Word for word, transcribe the data below from the line with "(loan, object, stage)" to the line with "fn put_line<S: Alter>(tx: &mut", keeping both of those lines.

Records provided START

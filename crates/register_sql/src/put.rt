//! Adds an entry with its spots, loan lines and last day to a whole store, in one transaction.
ghost use Rattle.std.specs.Prelude.{◌≡◌, ◌<◌, ◌^◌, Ok, OnOk, OnErr, IsTrue, false};
ghost use Rattle.std.specs.Prelude.{pos, ℕ};
ghost use Rattle.sqlite.specs.Held.{state};
ghost use Rattle.sqlite.specs.State.{ExecutesInside, HasCleanDisk, Survives};
ghost use Rattle.sqlite.specs.Values.{bound};
ghost use Rattle.register_store.specs.Plain.{posting_row};
ghost use Rattle.register_store.specs.StoredRows.{spot_row, line_row, term_of, with_posted};
ghost use Rattle.register_sql.specs.Failing.{Excused, IsStep};
ghost use Rattle.register_sql.specs.Posting as step;
ghost use Rattle.register_sql.specs.Posting.{IsWithin, Wrote, IsReady, IsDone};
ghost use Rattle.register_sql.specs.Posting.{IsBack, LeavesWhole};

use codes_core::{Day, LoanCode};
use posting_core::{Changes, Entry, NewLine, NewSpot};
use register_store::{KeptPosting, term_of};
use sqlite::{Alter, Connection, Error, Transaction, params};
use sqlite_value::value::ValueRef;

/// The number as a cell takes it.
pub(crate) fn wide(number: u64) -> i64
    requires { number < 2 ^ 63 }
    ensures { result ≡ pos number }
{
    number as i64
}

/// Runs a statement inside the transaction.
pub(crate) fn run<S: Alter>(
    tx: &mut Transaction<'_, S>,
    text: &str,
    given: &[ValueRef<'_>],
) -> Result<(), Error>
    ensures same_reference { tx.new.conn.ghost_name ≡ tx.old.conn.ghost_name }
    ensures ran { HasCleanDisk (state S.Store tx.new.conn.now)
        → IsTrue (state S.Store tx.old.conn.now).in_transaction
        → OnOk result ((count : ℕ) × ExecutesInside 0 text.now (bound given.now)
        (state S.Store tx.old.conn.now) (state S.Store tx.new.conn.now) (Ok count)) }
    ensures step { IsStep (state S.Store tx.old.conn.now) (state S.Store tx.new.conn.now) result }
{
    tx.execute(text, given)?;
    Ok(())
}

/// Adds the row of an entry.
fn put_posting<S: Alter>(tx: &mut Transaction<'_, S>, row: &KeptPosting) -> Result<(), Error>
    requires within { IsWithin (state S.Store tx.old.conn.now) }
    requires small { row.now.id < 2 ^ 63 }
    ensures same_reference { tx.new.conn.ghost_name ≡ tx.old.conn.ghost_name }
    ensures wrote { Wrote (state S.Store tx.old.conn.now) (state S.Store tx.new.conn.now) result
        (step.with_posting (posting_row row.now)) }
    ensures step { IsStep (state S.Store tx.old.conn.now) (state S.Store tx.new.conn.now) result }
{
    let id = wide(row.id);
    run(
        tx,
        "INSERT INTO posting (id, station, n, body, verdict) VALUES (?1, ?2, ?3, ?4, ?5)",
        params![
            id,
            i64::from(row.station),
            i64::from(row.n),
            row.body.as_str(),
            i64::from(row.verdict)
        ],
    )
}

/// Adds the row of a spot.
fn put_spot<S: Alter>(tx: &mut Transaction<'_, S>, spot: &NewSpot) -> Result<(), Error>
    requires { IsWithin (state S.Store tx.old.conn.now) }
    ensures same_reference { tx.new.conn.ghost_name ≡ tx.old.conn.ghost_name }
    ensures wrote { Wrote (state S.Store tx.old.conn.now) (state S.Store tx.new.conn.now) result
        (step.with_spot (spot_row spot.now)) }
    ensures step { IsStep (state S.Store tx.old.conn.now) (state S.Store tx.new.conn.now) result }
{
    run(
        tx,
        "INSERT INTO spot (thing, k, entry, place, day) VALUES (?1, ?2, ?3, ?4, ?5)",
        params![
            i64::from(spot.thing),
            i64::from(spot.k),
            i64::from(spot.spot.entry),
            i64::from(spot.spot.place),
            i64::from(spot.spot.day.number())
        ],
    )
}

/// Adds the rows of the spots.
fn put_spots<S: Alter>(tx: &mut Transaction<'_, S>, spots: &[NewSpot]) -> Result<(), Error>
    requires { IsWithin (state S.Store tx.old.conn.now) }
    ensures same_reference { tx.new.conn.ghost_name ≡ tx.old.conn.ghost_name }
    ensures wrote { Wrote (state S.Store tx.old.conn.now) (state S.Store tx.new.conn.now) result
        (step.with_each (λ s. step.with_spot (spot_row s)) spots.now) }
    ensures step { IsStep (state S.Store tx.old.conn.now) (state S.Store tx.new.conn.now) result }
{
    'spots: for spot in spots {
        put_spot(tx, spot)?;
    }
    Ok(())
}

/// Removes the row with the line's loan and object, if there is one.
fn clear_line<S: Alter>(tx: &mut Transaction<'_, S>, line: &NewLine) -> Result<(), Error>
    requires { IsWithin (state S.Store tx.old.conn.now) }
    ensures same_reference { tx.new.conn.ghost_name ≡ tx.old.conn.ghost_name }
    ensures wrote { Wrote (state S.Store tx.old.conn.now) (state S.Store tx.new.conn.now) result
        (step.without_line (line_row line.now)) }
    ensures step { IsStep (state S.Store tx.old.conn.now) (state S.Store tx.new.conn.now) result }
{
    run(
        tx,
        "DELETE FROM line WHERE loan = ?1 AND object = ?2",
        params![line.loan.as_str(), i64::from(line.object)],
    )
}

/// Adds the row of a loan line.
fn add_line<S: Alter>(tx: &mut Transaction<'_, S>, line: &NewLine) -> Result<(), Error>
    requires { IsWithin (state S.Store tx.old.conn.now) }
    ensures same_reference { tx.new.conn.ghost_name ≡ tx.old.conn.ghost_name }
    ensures wrote { Wrote (state S.Store tx.old.conn.now) (state S.Store tx.new.conn.now) result
        (step.more_line (line_row line.now)) }
    ensures step { IsStep (state S.Store tx.old.conn.now) (state S.Store tx.new.conn.now) result }
{
    run(
        tx,
        "INSERT INTO line (loan, object, stage) VALUES (?1, ?2, ?3)",
        params![
            line.loan.as_str(),
            i64::from(line.object),
            i64::from(line.stage.number())
        ],
    )
}

/// Replaces a loan line's row.
fn put_line<S: Alter>(tx: &mut Transaction<'_, S>, line: &NewLine) -> Result<(), Error>
    requires { IsWithin (state S.Store tx.old.conn.now) }
    ensures same_reference { tx.new.conn.ghost_name ≡ tx.old.conn.ghost_name }
    ensures wrote { Wrote (state S.Store tx.old.conn.now) (state S.Store tx.new.conn.now) result
        (step.with_line (line_row line.now)) }
    ensures step { IsStep (state S.Store tx.old.conn.now) (state S.Store tx.new.conn.now) result }
{
    clear_line(tx, line)?;
    add_line(tx, line)
}

/// Replaces the rows of the loan lines.
fn put_lines<S: Alter>(tx: &mut Transaction<'_, S>, lines: &[NewLine]) -> Result<(), Error>
    requires { IsWithin (state S.Store tx.old.conn.now) }
    ensures same_reference { tx.new.conn.ghost_name ≡ tx.old.conn.ghost_name }
    ensures wrote { Wrote (state S.Store tx.old.conn.now) (state S.Store tx.new.conn.now) result
        (step.with_each (λ l. step.with_line (line_row l)) lines.now) }
    ensures step { IsStep (state S.Store tx.old.conn.now) (state S.Store tx.new.conn.now) result }
{
    'lines: for line in lines {
        put_line(tx, line)?;
    }
    Ok(())
}

/// Removes the loan's last day, if it has one.
fn clear_term<S: Alter>(tx: &mut Transaction<'_, S>, term: &(LoanCode, Day)) -> Result<(), Error>
    requires { IsWithin (state S.Store tx.old.conn.now) }
    ensures same_reference { tx.new.conn.ghost_name ≡ tx.old.conn.ghost_name }
    ensures wrote { Wrote (state S.Store tx.old.conn.now) (state S.Store tx.new.conn.now) result
        (step.without_term (record { loan = term.now.0; day = term.now.1 })) }
    ensures step { IsStep (state S.Store tx.old.conn.now) (state S.Store tx.new.conn.now) result }
{
    run(
        tx,
        "DELETE FROM term WHERE loan = ?1",
        params![term.0.as_str()],
    )
}

/// Adds a loan's last day.
fn add_term<S: Alter>(tx: &mut Transaction<'_, S>, term: &(LoanCode, Day)) -> Result<(), Error>
    requires { IsWithin (state S.Store tx.old.conn.now) }
    ensures same_reference { tx.new.conn.ghost_name ≡ tx.old.conn.ghost_name }
    ensures wrote { Wrote (state S.Store tx.old.conn.now) (state S.Store tx.new.conn.now) result
        (step.more_term (record { loan = term.now.0; day = term.now.1 })) }
    ensures step { IsStep (state S.Store tx.old.conn.now) (state S.Store tx.new.conn.now) result }
{
    run(
        tx,
        "INSERT INTO term (loan, day) VALUES (?1, ?2)",
        params![term.0.as_str(), i64::from(term.1.number())],
    )
}

/// Replaces a loan's last day.
fn put_term<S: Alter>(tx: &mut Transaction<'_, S>, term: &(LoanCode, Day)) -> Result<(), Error>
    requires { IsWithin (state S.Store tx.old.conn.now) }
    ensures same_reference { tx.new.conn.ghost_name ≡ tx.old.conn.ghost_name }
    ensures wrote { Wrote (state S.Store tx.old.conn.now) (state S.Store tx.new.conn.now) result
        (step.with_term (record { loan = term.now.0; day = term.now.1 })) }
    ensures step { IsStep (state S.Store tx.old.conn.now) (state S.Store tx.new.conn.now) result }
{
    clear_term(tx, term)?;
    add_term(tx, term)
}

/// Replaces the last day of the loan whose last day the entry sets, if it sets one.
pub(crate) fn put_some_term<S: Alter>(
    tx: &mut Transaction<'_, S>,
    entry: &Entry,
) -> Result<(), Error>
    requires { IsWithin (state S.Store tx.old.conn.now) }
    ensures same_reference { tx.new.conn.ghost_name ≡ tx.old.conn.ghost_name }
    ensures wrote { Wrote (state S.Store tx.old.conn.now) (state S.Store tx.new.conn.now) result
        (step.with_some_term (term_of entry.now)) }
    ensures step { IsStep (state S.Store tx.old.conn.now) (state S.Store tx.new.conn.now) result }
{
    if let Some(term) = term_of(entry) {
        put_term(tx, &term)?;
    }
    Ok(())
}

/// Adds an entry and its spots.
fn put_first<S: Alter>(
    tx: &mut Transaction<'_, S>,
    row: &KeptPosting,
    changes: &Changes,
) -> Result<(), Error>
    requires within { IsWithin (state S.Store tx.old.conn.now) }
    requires small { row.now.id < 2 ^ 63 }
    ensures same_reference { tx.new.conn.ghost_name ≡ tx.old.conn.ghost_name }
    ensures wrote { Wrote (state S.Store tx.old.conn.now) (state S.Store tx.new.conn.now) result
        (λ c. step.with_each (λ s. step.with_spot (spot_row s)) changes.now.spots
        (step.with_posting (posting_row row.now) c)) }
    ensures step { IsStep (state S.Store tx.old.conn.now) (state S.Store tx.new.conn.now) result }
{
    put_posting(tx, row)?;
    put_spots(tx, changes.spots.as_slice())
}

/// Replaces the loan lines and the last day that the entry changes.
fn put_last<S: Alter>(
    tx: &mut Transaction<'_, S>,
    entry: &Entry,
    changes: &Changes,
) -> Result<(), Error>
    requires { IsWithin (state S.Store tx.old.conn.now) }
    ensures same_reference { tx.new.conn.ghost_name ≡ tx.old.conn.ghost_name }
    ensures wrote { Wrote (state S.Store tx.old.conn.now) (state S.Store tx.new.conn.now) result
        (λ c. step.with_some_term (term_of entry.now)
        (step.with_each (λ l. step.with_line (line_row l)) changes.now.lines c)) }
    ensures step { IsStep (state S.Store tx.old.conn.now) (state S.Store tx.new.conn.now) result }
{
    put_lines(tx, changes.lines.as_slice())?;
    put_some_term(tx, entry)
}

/// Writes the entry and all its changes.
fn put_rows<S: Alter>(
    tx: &mut Transaction<'_, S>,
    row: &KeptPosting,
    entry: &Entry,
    changes: &Changes,
) -> Result<(), Error>
    requires within { IsWithin (state S.Store tx.old.conn.now) }
    requires small { row.now.id < 2 ^ 63 }
    ensures same_reference { tx.new.conn.ghost_name ≡ tx.old.conn.ghost_name }
    ensures wrote { Wrote (state S.Store tx.old.conn.now) (state S.Store tx.new.conn.now) result
        (with_posted (posting_row row.now) entry.now changes.now) }
    ensures step { IsStep (state S.Store tx.old.conn.now) (state S.Store tx.new.conn.now) result }
{
    put_first(tx, row, changes)?;
    put_last(tx, entry, changes)
}

/// Adds an entry and all its changes to the store, in one transaction. After an error the database
/// is as it was, if the connection is still open. Once the call has returned, a crash leaves the
/// rows from before it, or those with the whole posting; after an Ok, the latter.
pub(crate) fn put_whole<S: Alter>(
    conn: &mut Connection<S>,
    row: &KeptPosting,
    entry: &Entry,
    changes: &Changes,
) -> Result<(), Error>
    requires ready { HasCleanDisk (state S.Store conn.old) → IsReady (state S.Store conn.old) }
    requires between { (state S.Store conn.old).in_transaction ≡ false }
    requires small { row.now.id < 2 ^ 63 }
    ensures between { (state S.Store conn.new).in_transaction ≡ false }
    ensures posted { HasCleanDisk (state S.Store conn.new)
        → OnOk result (IsDone (state S.Store conn.old) (state S.Store conn.new)
        (with_posted (posting_row row.now) entry.now changes.now)) }
    ensures failed { HasCleanDisk (state S.Store conn.new) → IsTrue (state S.Store conn.new).is_open
        → OnErr result (IsBack (state S.Store conn.old) (state S.Store conn.new)) }
    ensures crash { Survives (state S.Store conn.old) (state S.Store conn.new)
        (LeavesWhole (state S.Store conn.old)
        (with_posted (posting_row row.now) entry.now changes.now)) }
    ensures excused { Excused (state S.Store conn.old) (state S.Store conn.new) result }
{
    let _between = conn.is_autocommit();
    let mut tx = conn.transaction();
    put_rows(&mut tx, row, entry, changes)?;
    tx.commit()
}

Records provided END

▸ Exercise answer
        "INSERT INTO line (loan, object, stage) VALUES (?1, ?2, ?3)",
        params![
            line.loan.as_str(),
            i64::from(line.object),
            i64::from(line.stage.number())
        ],
    )
}

/// Replaces a loan line's row.
fn put_line<S: Alter>(tx: &mut Transaction<'_, S>, line: &NewLine) -> Result<(), Error>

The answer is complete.